Action item
Find the line in the material below that contains "File) → Spells", then give it again, with all later lines, exactly as shown.

Recorded data
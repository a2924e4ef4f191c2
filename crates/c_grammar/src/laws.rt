//! What holds of the grammar, whatever reads it.

ghost use Rattle.std.specs.Prelude.{◌≡◌, ◌≢◌, ◌<◌, ℕ, suc, List, Some, None, true, false, length, take};
ghost use Rattle.c_grammar.specs.Tokens.{Token};
ghost use Rattle.c_grammar.specs.Derivations.{File};
ghost use Rattle.c_grammar.specs.Spelling.{Spells, Begins};
ghost use Rattle.c_grammar.specs.Machine.{State, at_file, go, start, is_done};
ghost use Rattle.c_grammar.specs.Nesting.{Least};
ghost use Rattle.c_grammar.specs.Reading.{SyntaxAt};

/// No list of tokens is spelled by two files.
pub fn one_file()
    ensures { (f g : File) (ts : List Token) → Spells f ts → Spells g ts → f ≡ g }
{}

/// The machine reads on exactly where some file begins so, and has a file exactly where the tokens
/// spell it.
pub fn reads_on()
    ensures on { (ts : List Token) (s : State) → go (Some start) ts ≡ Some s → Begins ts }
    ensures only { (ts : List Token) → Begins ts → go (Some start) ts ≢ None }
    ensures ends { (ts : List Token) (f : File) → go (Some start) ts ≡ Some (at_file f) → Spells f ts }
    ensures whole { (ts : List Token) (f : File) → Spells f ts → go (Some start) ts ≡ Some (at_file f) }
{}

/// Where the machine fails, and where the tokens end before the file does, is the place of the syntax
/// fault; a machine that is done has read a file.
pub fn syntax_places()
    ensures refused { (ts : List Token) (n : ℕ) (s : State) → n < length ts → go (Some start) (take n ts) ≡ Some s
        → go (Some start) (take (suc n) ts) ≡ None → SyntaxAt ts n }
    ensures unfinished { (ts : List Token) (s : State) → go (Some start) ts ≡ Some s → is_done s ≡ false
        → SyntaxAt ts (length ts) }
    ensures done { (ts : List Token) (s : State) → go (Some start) ts ≡ Some s → is_done s ≡ true
        → (f : File) × Spells f ts }
{}

/// Of the files that some tokens begin, one nests each of them least.
pub fn least_nesting()
    ensures { (ts : List Token) → Begins ts → Least ts }
{}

Answer to this exercise
    ensures whole { (ts : List Token) (f : File) → Spells f ts → go (Some start) ts ≡ Some (at_file f) }
{}

/// Where the machine fails, and where the tokens end before the file does, is the place of the syntax
/// fault; a machine that is done has read a file.
pub fn syntax_places()
    ensures refused { (ts : List Token) (n : ℕ) (s : State) → n < length ts → go (Some start) (take n ts) ≡ Some s
        → go (Some start) (take (suc n) ts) ≡ None → SyntaxAt ts n }
    ensures unfinished { (ts : List Token) (s : State) → go (Some start) ts ≡ Some s → is_done s ≡ false
        → SyntaxAt ts (length ts) }
    ensures done { (ts : List Token) (s : State) → go (Some start) ts ≡ Some s → is_done s ≡ true
        → (f : File) × Spells f ts }
{}

/// Of the files that some tokens begin, one nests each of them least.
pub fn least_nesting()
    ensures { (ts : List Token) → Begins ts → Least ts }
{}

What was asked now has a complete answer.